The school was originally founded as Heol Hir County Secondary School in 1957. Initially, it operated as two separate institutions: a boys' school and a girls' school. This model continued until it was officially reorganised and renamed Llanishen High School in 1969. The school's official opening by the Lord Mayor took place on Valentine's Day, 1958. The school's early years and its transition from a secondary modern school to a comprehensive high school are documented in local records and school archives.

In 2016, Llanishen High School was rated "adequate" by Estyn and put into monitoring. It was removed from monitoring later the same year, and has made significant progress since then. Part of this has been attributed to a newer, smarter uniform policy. This uniform policy was heavily disputed at first, with a petition of over 200 signing a petition opposing the changes due to cost and practicality.

In 2019, the school notably got its own therapy dog, Daisy, a Cavalier King Charles Spaniel. She is meant to help with student stress and anxiety, and also to improve behaviour. This followed a similar move by Bishop of Llandaff Church in Wales High School. This inspired other schools in Cardiff to provide similar student support.

==School buildings==

Much of the school was built during the 1950s, but some buildings (the new Science block for example) were built in later decades. The School has a hockey pitch, basketball court, indoor tennis courts, fields for athletics/cricket/football and rugby and enters teams in a variety of competitions - usually competing against local schools. A new D.T. block has been built. The LRC (Learning Resource Centre/Library) and Sports Hall have been renovated.

In Autumn 2018, work on a new 3G pitch was completed on the site of the grass banks. New changing rooms and a clubhouse for Llanishen RFC have also been erected, in place of the indoor tennis facility, as part of an ongoing partnership between the school and the local rugby club.

==Media==
LHTV was a small TV Station based at the school. The station was involved in an award won at the European Languages Awards 2007 when the Modern Foreign Languages Department won the award for the best "Foreign Language Film".

In 2022, the school television station One Llanishen was launched. Its inaugural production was the Transition Video 2022, and it later went on to produce news, sport, and drama programming such as News Llanishen and Weekly. In September 2025, the station was rebranded to CORE.

==Sport==
The school has teams participating in local, regional and national competitions in a variety of sports. The school enjoys particular success in rugby, with the First XV Boys rugby team winning the Welsh Cup in 2014, 2015 and 2016, as well as reaching the final in 2011.
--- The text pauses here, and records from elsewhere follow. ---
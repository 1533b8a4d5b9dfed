//! Runs of a partition's machine that were worked out by hand, as tests: what no clause says of `partition`.
//!
//! They stand in a crate of their own, since a crate with tests is proved twice. A run is turns, each with what others and
//! the guest should see of it. The machine is one alone: what a manager does to others is seen by its acts, what it copies out
//! of them is a feed, and what its own manager does to it are events.
#![tactic(auto)]

#[cfg(test)]
mod copies;
#[cfg(test)]
mod courses;
#[cfg(test)]
mod drafts;
#[cfg(test)]
mod guests;
#[cfg(test)]
mod images;
#[cfg(test)]
mod managers;
#[cfg(test)]
mod tests;
#[cfg(test)]
mod turns;
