//! Guests that call the interrupt controller and channels, and what they are answered, worked out by hand.

use crate::turns::Seen::*;
use crate::turns::Turn;
use crate::turns::Turn::*;

const RECEIVE: u32 = 0x1_0002;

const POLL: u32 = 0x1_0003;

const SET_CONFIG: u32 = 0x1_0004;

const GET_CONFIG: u32 = 0x1_0005;

const SET_MASK: u32 = 0x1_0006;

const GET_MASK: u32 = 0x1_0007;

const IACK: u32 = 0x1_0009;

const EOI: u32 = 0x1_000A;

const SET_TASK_PRIORITY: u32 = 0x1_000C;

const GET_TASK_PRIORITY: u32 = 0x1_000D;

const DOORBELL_SEND: u32 = 0x1_000E;

/// The status of an argument that is out of its range.
const EINVAL: u32 = 8;

/// What iack answers where there is no interrupt.
const NONE: u32 = 0xFFFF;

const TWENTY: [u8; 20] = [
    0, 1, 2, 3, 4, 5, 6, 7, 8, 9, 10, 11, 12, 13, 14, 15, 16, 17, 18, 19,
];

static GUESTS: [&[Turn]; 10] = [
    // receipts of none, of all that wait, and where nothing waits
    &[
        Give(b"ABC"),
        Call(RECEIVE, [1, 0, 0, 0], 0, &[0, 0, 0, 0, 0]),
        See(Waits(3)),
        Call(RECEIVE, [1, 16, 0, 0], 0, &[3, 0x4142_4300, 0, 0, 0]),
        See(Waits(0)),
        Call(RECEIVE, [1, 16, 0, 0], 0, &[0, 0, 0, 0, 0]),
    ],
    // receipts of some, of as many as there can be and of one more, on a doorbell, and on no handle at all
    &[
        Give(&TWENTY),
        Call(RECEIVE, [1, 17, 0, 0], EINVAL, &[]),
        Call(RECEIVE, [2, 1, 0, 0], EINVAL, &[]),
        Call(RECEIVE, [0, 1, 0, 0], EINVAL, &[]),
        See(Waits(20)),
        Call(
            RECEIVE,
            [1, 5, 0, 0],
            0,
            &[5, 0x0001_0203, 0x0400_0000, 0, 0],
        ),
        See(Waits(15)),
    ],
    &[
        Give(&TWENTY),
        Call(
            RECEIVE,
            [1, 16, 0, 0],
            0,
            &[16, 0x0001_0203, 0x0405_0607, 0x0809_0A0B, 0x0C0D_0E0F],
        ),
        See(Waits(4)),
    ],
    // a poll tells what waits and what is taken
    &[
        Give(b"ABC"),
        Call(POLL, [1, 0, 0, 0], 0, &[3, 256]),
        Call(POLL, [2, 0, 0, 0], EINVAL, &[]),
        Call(POLL, [3, 0, 0, 0], EINVAL, &[]),
        Call(POLL, [4, 0, 0, 0], EINVAL, &[]),
    ],
    // what a controller begins with, what it takes, and what is out of range; there are the interrupts 0 to 2
    &[
        Call(GET_CONFIG, [2, 0, 0, 0], 0, &[0, 8, 0]),
        Call(GET_CONFIG, [3, 0, 0, 0], EINVAL, &[]),
        Call(GET_MASK, [2, 0, 0, 0], 0, &[1]),
        Call(GET_MASK, [3, 0, 0, 0], EINVAL, &[]),
        Call(GET_TASK_PRIORITY, [0, 9, 0, 0], 0, &[0]),
        Call(SET_CONFIG, [2, 3, 15, 0], 0, &[]),
        Call(SET_CONFIG, [2, 4, 9, 0], EINVAL, &[]),
        Call(SET_CONFIG, [2, 1, 16, 0], EINVAL, &[]),
        Call(SET_CONFIG, [2, 1, 9, 1], EINVAL, &[]),
        Call(SET_CONFIG, [3, 1, 9, 0], EINVAL, &[]),
        Call(GET_CONFIG, [2, 0, 0, 0], 0, &[3, 15, 0]),
        Call(SET_MASK, [2, 0, 0, 0], 0, &[]),
        Call(GET_MASK, [2, 0, 0, 0], 0, &[0]),
        Call(SET_MASK, [2, 7, 0, 0], 0, &[]),
        Call(GET_MASK, [2, 0, 0, 0], 0, &[1]),
        Call(SET_MASK, [3, 0, 0, 0], EINVAL, &[]),
        Call(SET_TASK_PRIORITY, [15, 0, 0, 0], 0, &[]),
        Call(SET_TASK_PRIORITY, [16, 0, 0, 0], EINVAL, &[]),
        Call(GET_TASK_PRIORITY, [0, 0, 0, 0], 0, &[15]),
        Call(EOI, [2, 0, 0, 0], EINVAL, &[]),
        Call(IACK, [99, 0, 0, 0], 0, &[NONE]),
    ],
    // received bytes and a doorbell of a higher priority; bytes that still wait are up again once their service has ended
    &[
        Give(b"A"),
        Ring,
        Call(SET_CONFIG, [0, 0, 5, 0], 0, &[]),
        Call(SET_CONFIG, [2, 0, 9, 0], 0, &[]),
        Call(SET_MASK, [0, 0, 0, 0], 0, &[]),
        Call(SET_MASK, [2, 0, 0, 0], 0, &[]),
        Call(IACK, [0, 0, 0, 0], 0, &[2]),
        Call(IACK, [0, 0, 0, 0], 0, &[NONE]),
        Call(EOI, [0, 0, 0, 0], EINVAL, &[]),
        Call(EOI, [2, 0, 0, 0], 0, &[]),
        Call(IACK, [0, 0, 0, 0], 0, &[0]),
        Call(IACK, [0, 0, 0, 0], 0, &[NONE]),
        Call(EOI, [0, 0, 0, 0], 0, &[]),
        Call(IACK, [0, 0, 0, 0], 0, &[0]),
    ],
    // the same with equal priorities: the lower number first, and the latch stays
    &[
        Give(b"A"),
        Ring,
        Call(SET_MASK, [0, 0, 0, 0], 0, &[]),
        Call(SET_MASK, [2, 0, 0, 0], 0, &[]),
        Call(IACK, [0, 0, 0, 0], 0, &[0]),
        Call(EOI, [0, 0, 0, 0], 0, &[]),
        Call(SET_MASK, [0, 1, 0, 0], 0, &[]),
        Call(IACK, [0, 0, 0, 0], 0, &[2]),
    ],
    // services in one another, which end out of order, and a ring in the service of its own interrupt
    &[
        Give(b"A"),
        Call(SET_CONFIG, [0, 0, 3, 0], 0, &[]),
        Call(SET_CONFIG, [1, 0, 7, 0], 0, &[]),
        Call(SET_CONFIG, [2, 0, 15, 0], 0, &[]),
        Call(SET_MASK, [0, 0, 0, 0], 0, &[]),
        Call(SET_MASK, [1, 0, 0, 0], 0, &[]),
        Call(SET_MASK, [2, 0, 0, 0], 0, &[]),
        Call(IACK, [0, 0, 0, 0], 0, &[1]),
        Call(IACK, [0, 0, 0, 0], 0, &[NONE]),
        Ring,
        Call(IACK, [0, 0, 0, 0], 0, &[2]),
        Ring,
        Call(IACK, [0, 0, 0, 0], 0, &[NONE]),
        Call(EOI, [1, 0, 0, 0], 0, &[]),
        Call(IACK, [0, 0, 0, 0], 0, &[NONE]),
        Call(EOI, [1, 0, 0, 0], EINVAL, &[]),
        Call(EOI, [2, 0, 0, 0], 0, &[]),
        Call(IACK, [0, 0, 0, 0], 0, &[2]),
        Call(EOI, [2, 0, 0, 0], 0, &[]),
        Call(IACK, [0, 0, 0, 0], 0, &[1]),
    ],
    // a task priority that holds all back, and one that doesn't
    &[
        Call(SET_MASK, [1, 0, 0, 0], 0, &[]),
        Call(SET_TASK_PRIORITY, [8, 0, 0, 0], 0, &[]),
        Call(IACK, [0, 0, 0, 0], 0, &[NONE]),
        Call(SET_TASK_PRIORITY, [7, 0, 0, 0], 0, &[]),
        Call(IACK, [0, 0, 0, 0], 0, &[1]),
    ],
    // a doorbell, and handles that aren't one to send on
    &[
        Send(2, 0, Some(2)),
        Send(1, EINVAL, None),
        Send(3, EINVAL, None),
        Send(0, EINVAL, None),
        Send(4, EINVAL, None),
    ],
];

/// What guests call for.
pub fn guests() -> &'static [&'static [Turn]] {
    &GUESTS
}
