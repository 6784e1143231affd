//! Checks a team against the rules of a format.
ghost use Rattle.std.specs.Prelude.{◌≡◌, ◌⊎◌, Ok, Err, Some, None, IfOk, IfErr};
ghost use Rattle.std.specs.Str.{IsUtf8, chars};
ghost use Rattle.std.specs.Io.BufRead.{strip_last};
ghost use Rattle.ps_outside.specs.Causes.{Rose};
ghost use Rattle.ps_packed.specs.Packed.{IsTeam};
ghost use Rattle.ps_valid.specs.TeamRows.{legal_in};
ghost use Rattle.program_commands.specs.Words.{checked_of};
ghost use Rattle.program_commands.specs.Setups.{EndsIfKnown, Gave, Ended, StepCause};
ghost use Rattle.program_commands.specs.Checks.{text_in, rules_in, TextEnds, TeamEnds, FormatEnds, ConfigEnds, CheckEnds, IsNamed};
ghost use Rattle.program_commands.specs.Checks.{CheckCause, WritesLegal, SettlesCheck};
ghost use Rattle.program_commands.specs.Ends.{FormatCause, IsOfText, Unpacks, RulesEnd};

use crate::config::config_or_standard;
use crate::dex::dex_or_none;
use crate::file::read_file;
use crate::status::Status;
use crate::words::CheckWords;
use ps_base::id::to_id;
use ps_base::pack_kind::PackKind;
use ps_dex::dex::Dex;
use ps_outside::files::Files;
use ps_outside::sink::{self, Sink};
use ps_packed::fault::PackFault;
use ps_packed::team::{Team, read_team};
use ps_rules::table::RuleTable;
use ps_valid::check::check_team;
use ps_valid::verdict::TeamFault;
use rules_config::config::Config;
use std::alloc::Global;
use std::str;

/// The most bytes of a team's file.
pub const MOST_TEAM: u32 = 8_192;

/// The bytes but for one newline at their end.
pub(crate) fn without_newline(bytes: Vec<u8>) -> Vec<u8>
    ensures { result.items ≡ strip_last 10 bytes.items }
{
    let mut bytes = bytes;
    if bytes.ends_with(b"\n") {
        bytes.truncate(bytes.len() - 1);
    }
    bytes
}

/// The team that the bytes of a packed text have. `Fault` comes exactly where they have none, at 0 where they are no UTF-8.
pub fn team_of(alloc: Global, text: &[u8]) -> Result<Team, PackFault>
    ensures found { IfOk result (λ t. IsUtf8 text.now × IsTeam (chars text.now) t) }
    ensures none { IfErr result (Unpacks text.now) }
{
    match str::from_utf8(text) {
        Err(_) => Err(PackFault::Fault {
            at: 0,
            kind: PackKind::Text,
        }),
        Ok(text) => match read_team(alloc, text) {
            Err(PackFault::NoMemory) => Err(PackFault::NoMemory),
            Err(PackFault::Fault { at, kind }) => Err(PackFault::Fault { at, kind }),
            Ok(team) => Ok(team),
        },
    }
}

fn write_legal<K: Sink>(out: &mut K) -> Status
    ensures of { IsOfText result }
    ensures ends { (result ≡ Status.Done) ⊎ (result ≡ Status.WriteFault) }
    ensures wrote { WritesLegal (K.written out.old) (K.written out.new) result }
    ensures write_fault { result ≡ Status.WriteFault → Rose (K.faults out.old) (K.faults out.new) }
{
    match sink::write_all(out, b"legal\n") {
        Err(_) => Status::WriteFault,
        Ok(()) => Status::Done,
    }
}

fn check_rules<K: Sink>(
    alloc: Global,
    dex: &Dex,
    rules: &RuleTable,
    team: &Team,
    out: &mut K,
) -> Status
    ensures of { IsOfText result }
    ensures ends { RulesEnd (legal_in dex.now rules.now team.now) result }
    ensures wrote { WritesLegal (K.written out.old) (K.written out.new) result }
    ensures write_fault { result ≡ Status.WriteFault → Rose (K.faults out.old) (K.faults out.new) }
{
    match check_team(alloc, dex, rules, team) {
        Err(TeamFault::NoMemory) => Status::NoMemory,
        Err(TeamFault::Verdict(verdict)) => Status::BadTeam {
            set: verdict.set,
            rule: verdict.rule,
            subject: verdict.subject,
        },
        Ok(_) => write_legal(out),
    }
}

fn check_text<K: Sink>(
    alloc: Global,
    dex: &Dex,
    rules: &RuleTable,
    text: &[u8],
    out: &mut K,
) -> Status
    ensures of { IsOfText result }
    ensures ends { (result ≡ Status.NoMemory) ⊎ TextEnds dex.now rules.now text.now result }
    ensures wrote { WritesLegal (K.written out.old) (K.written out.new) result }
    ensures write_fault { result ≡ Status.WriteFault → Rose (K.faults out.old) (K.faults out.new) }
{
    match team_of(alloc, text) {
        Err(PackFault::NoMemory) => Status::NoMemory,
        Err(PackFault::Fault { at, kind }) => Status::BadPack { at, kind },
        Ok(team) => check_rules(alloc, dex, rules, &team, out),
    }
}

// The bytes of a team's file, but for one newline at their end.
fn read_text<F: Files>(alloc: Global, files: &mut F, name: &str) -> Result<Vec<u8>, Status>
    ensures same { F.contents files.new ≡ F.contents files.old }
    ensures value { IfOk result (λ v. Gave (F.contents files.old) (λ lookup. text_in lookup name.now) v.items) }
    ensures counts { IfOk result (λ _. F.counts files.new ≡ F.counts files.old) }
    ensures ended { IfErr result (Ended (F.contents files.old) (Some name.now) (λ lookup. text_in lookup name.now)) }
    ensures cause { IfErr result (StepCause (Some name.now) (F.counts files.old) (F.counts files.new)) }
{
    match read_file(alloc, files, name, MOST_TEAM) {
        Err(status) => Err(status),
        Ok(bytes) => Ok(without_newline(bytes)),
    }
}

fn check_file<F: Files, K: Sink>(
    alloc: Global,
    dex: &Dex,
    rules: &RuleTable,
    words: CheckWords<'_>,
    files: &mut F,
    out: &mut K,
) -> Status
    ensures ends { EndsIfKnown (F.contents files.old) (λ lookup. TeamEnds lookup dex.now words.entry.team.now rules.now) result }
    ensures cause { CheckCause (IsNamed (checked_of words.entry)) (F.counts files.old) (F.counts files.new) result }
    ensures wrote { WritesLegal (K.written out.old) (K.written out.new) result }
    ensures write_fault { result ≡ Status.WriteFault → Rose (K.faults out.old) (K.faults out.new) }
{
    match read_text(alloc, files, words.team) {
        Err(status) => status,
        Ok(text) => check_text(alloc, dex, rules, &text, out),
    }
}

// The rules of the format with the id that a text has.
fn rules_of<'a>(alloc: Global, config: &'a Config, format: &str) -> Result<&'a RuleTable, Status>
    ensures value { IfOk result (λ t. rules_in config.now format.now ≡ Ok t.now) }
    ensures ended { IfErr result (λ s. (s ≡ Status.NoMemory) ⊎ (rules_in config.now format.now ≡ Err s)) }
    ensures cause { IfErr result FormatCause }
{
    let id = match to_id(alloc, format) {
        Err(_) => return Err(Status::NoMemory),
        Ok(id) => id,
    };
    match config.formats().format(&id) {
        None => Err(Status::UnknownFormat { id }),
        Some(format) => Ok(&format.table),
    }
}

fn check_format<F: Files, K: Sink>(
    alloc: Global,
    dex: &Dex,
    config: &Config,
    words: CheckWords<'_>,
    files: &mut F,
    out: &mut K,
) -> Status
    ensures ends { EndsIfKnown (F.contents files.old) (λ lookup. FormatEnds lookup (checked_of words.entry) dex.now config.now) result }
    ensures cause { CheckCause (IsNamed (checked_of words.entry)) (F.counts files.old) (F.counts files.new) result }
    ensures wrote { WritesLegal (K.written out.old) (K.written out.new) result }
    ensures write_fault { result ≡ Status.WriteFault → Rose (K.faults out.old) (K.faults out.new) }
{
    match rules_of(alloc, config, words.format) {
        Err(status) => status,
        Ok(rules) => check_file(alloc, dex, rules, words, files, out),
    }
}

fn check_config<F: Files, K: Sink>(
    alloc: Global,
    dex: &Dex,
    words: CheckWords<'_>,
    files: &mut F,
    out: &mut K,
) -> Status
    ensures ends { EndsIfKnown (F.contents files.old) (λ lookup. ConfigEnds lookup (checked_of words.entry) dex.now) result }
    ensures cause { CheckCause (IsNamed (checked_of words.entry)) (F.counts files.old) (F.counts files.new) result }
    ensures wrote { WritesLegal (K.written out.old) (K.written out.new) result }
    ensures write_fault { result ≡ Status.WriteFault → Rose (K.faults out.old) (K.faults out.new) }
{
    match config_or_standard(alloc, files, dex, words.config) {
        Err(status) => status,
        Ok(config) => check_format(alloc, dex, &config, words, files, out),
    }
}

fn check_dex<F: Files, K: Sink>(
    alloc: Global,
    words: CheckWords<'_>,
    files: &mut F,
    out: &mut K,
) -> Status
    ensures ends { EndsIfKnown (F.contents files.old) (λ lookup. CheckEnds lookup (checked_of words.entry)) result }
    ensures cause { CheckCause (IsNamed (checked_of words.entry)) (F.counts files.old) (F.counts files.new) result }
    ensures wrote { WritesLegal (K.written out.old) (K.written out.new) result }
    ensures write_fault { result ≡ Status.WriteFault → Rose (K.faults out.old) (K.faults out.new) }
{
    match dex_or_none(alloc, files, words.dex) {
        Err(status) => status,
        Ok(dex) => check_config(alloc, &dex, words, files, out),
    }
}

/// Checks the team of a file against the rules of a format, and writes `legal` and a newline where it
/// keeps them. In this order the dex file and its value, the configuration and its value, the format, the
/// team's file, its grammar and its rules may end the check.
pub fn check<F: Files, K: Sink>(
    alloc: Global,
    words: CheckWords<'_>,
    files: &mut F,
    out: &mut K,
) -> Status
    ensures ends { EndsIfKnown (F.contents files.old) (λ lookup. CheckEnds lookup (checked_of words.entry)) result }
    ensures cause { CheckCause (IsNamed (checked_of words.entry)) (F.counts files.old) (F.counts files.new) result }
    ensures wrote { WritesLegal (K.written out.old) (K.written out.new) result }
    ensures write_fault { result ≡ Status.WriteFault → Rose (K.faults out.old) (K.faults out.new) }
    ensures settles { SettlesCheck (F.contents files.old) (Rose (F.counts files.old).faults (F.counts files.new).faults)
        (Rose (K.faults out.old) (K.faults out.new)) (checked_of words.entry) result }
{
    check_dex(alloc, words, files, out)
}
The schools year 7 football boys also won the WSFA under 12 cup in 2022.

==Notable former pupils==

- Elinor Barker, racing cyclist who currently rides on the track for Great Britain and the Welsh Cycling backed Team USN, and on the road for .
- Tom Cullen, actor and writer whose roles include Jonas in Black Mirror, drug trafficker Yoram in Banged Up Abroad, and Anthony Foyle (the Viscount Gillingham) on Downton Abbey.
- Luke Rowe, racing cyclist who currently rides for .
- Joe Jacobson, professional footballer for Wycombe Wanderers, as well as former captain of the Wales U21 team and the Cardiff City reserve team.
- John Tabatabai, professional poker player who was the runner-up to Norwegian poker player Annette Obrestad in the first World Series of Poker Europe Main Event.
- Neil Slatter, former professional footballer who began his career with Bristol Rovers in 1980, where he remained for five years before moving on to Oxford United.
- Ruth Picardie, journalist and editor who worked for The Guardian and The Independent newspapers, with contributions to other publications, such as the New Statesman, and author of Before I Say Goodbye, her memoir of living with breast cancer.
- Wade Barrett, wrestler.
- Rabbi Matondo, professional footballer for Scottish Premiership and UEFA Champions League side Rangers F.C. He has also represented his national side Wales, making his debut in a loss to Albania in Autumn 2018.
- Adam Thompson, Member of Parliament for Erewash
- Bethan Davies, a racewalker and 2018 Commonwealth Games Bronze Medallist.